The first words in the introduction draw me in. Overwhelmed. Exhausted. Depressed. Panicky. Stressed. Burned Out. Broken. Paralyzed. Drowning. Empty.  I certainly relate to those words as do many women that I know.  And wouldn’t we love to exchange those for peaceful, calm, joyful, content, quiet, rested and refreshed?

This book offers a pathway to finding the peace and rest we all need. Murray lays it out like a gym – in fact it’s called “Refresh Gym”. Using the analogy of different stations in a gym that we go through to get physically from here to there, Murray offers a series of stations that start with a reality check and then move through nine stations to allow us to consider if we want to be healthy again – or maybe for the first time. Her practical advice in each area is warm and helpful. 

She helps us identify physical, mental, relational, moral, spiritual and emotional warning signs that tell us we are headed for a crash. Then in the next chapters, she discusses a number of important topics like the importance of rest and sleep – did you know you should even have a theology of sleep? She uses her knowledge of medicine and Scripture to help us understand why we must learn to rest well. That it’s not a sign of weakness but of wisdom and strength to get a good night’s sleep and take regular Sabbath and annual rest times.

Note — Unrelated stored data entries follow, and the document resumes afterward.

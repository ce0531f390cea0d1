//! Terms put for free variables.
ghost use Rattle.std.specs.Prelude.{◌≡◌, IfOk, List, map};
ghost use Rattle.lt_definitions.specs.Terms.{TermTree};
ghost use Rattle.lt_definitions.specs.Binding.{replaced};
ghost use Rattle.lt_terms.specs.FreeNodes.{is_free};
ghost use Rattle.lt_terms.specs.Layout.{HasRoom, grow};

use crate::term::{Term, TermNode};
use crate::term_builder::TermBuilder;
use lt_types::{Memory, Name, TryCopy, Ty};
use std::alloc::Global;

/// The term with another one put for each place of the free variable of that name and type.
///
/// It takes time linear in the term and in what is answered.
pub fn subst_free(alloc: Global, t: &Term, name: &Name, ty: &Ty, by: &Term) -> Result<Term, Memory>
    ensures { IfOk result (λ r. r ≡ replaced name.now ty.now by.now t.now) }
{
    let mut builder = TermBuilder::new(alloc);
    for node in t.nodes() {
        builder = put(builder, alloc, node, name, ty, by)?;
    }
    Ok(builder.finish())
}

/// What a node makes of terms in which the variable was replaced.
fn put(
    builder: TermBuilder,
    alloc: Global,
    node: &TermNode,
    name: &Name,
    ty: &Ty,
    by: &Term,
) -> Result<TermBuilder, Memory>
    requires { HasRoom builder node.now }
    ensures { IfOk result (λ b. (before : List TermTree)
        → builder ≡ map (replaced name.now ty.now by.now) before
        → b ≡ map (replaced name.now ty.now by.now) (grow before node.now)) }
{
    if is_free(node, name, ty) {
        return Ok(builder.term(alloc, by)?);
    }
    Ok(builder.node(alloc, node.copy(alloc)?)?)
}

/// Whether a node is the free variable of that name and type.
pub(crate) fn is_free(node: &TermNode, name: &Name, ty: &Ty) -> bool
    ensures { result ≡ is_free name.now ty.now node.now }
{
    match node {
        TermNode::Free(other, other_ty) => name == other && ty == other_ty,
        _ => false,
    }
}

I particularly appreciated her discussion of depression and anxiety. Those who suffer from depression and anxiety are too often shamed for not having enough faith or trust in God.  Thankfully, she gives us the understanding of God’s grace that allows us to use modern medications if that is what will help us. She also talks about the importance of a good diet and regular, moderate exercise. 

Those are just some of the topics in Refresh. As an RN, I appreciate the medical perspective Murray brings. And as a woman who tends to push myself to the limit, this book really helps me think through what a grace-paced life looks like. And it certainly feels better than exhaustion and burn-out.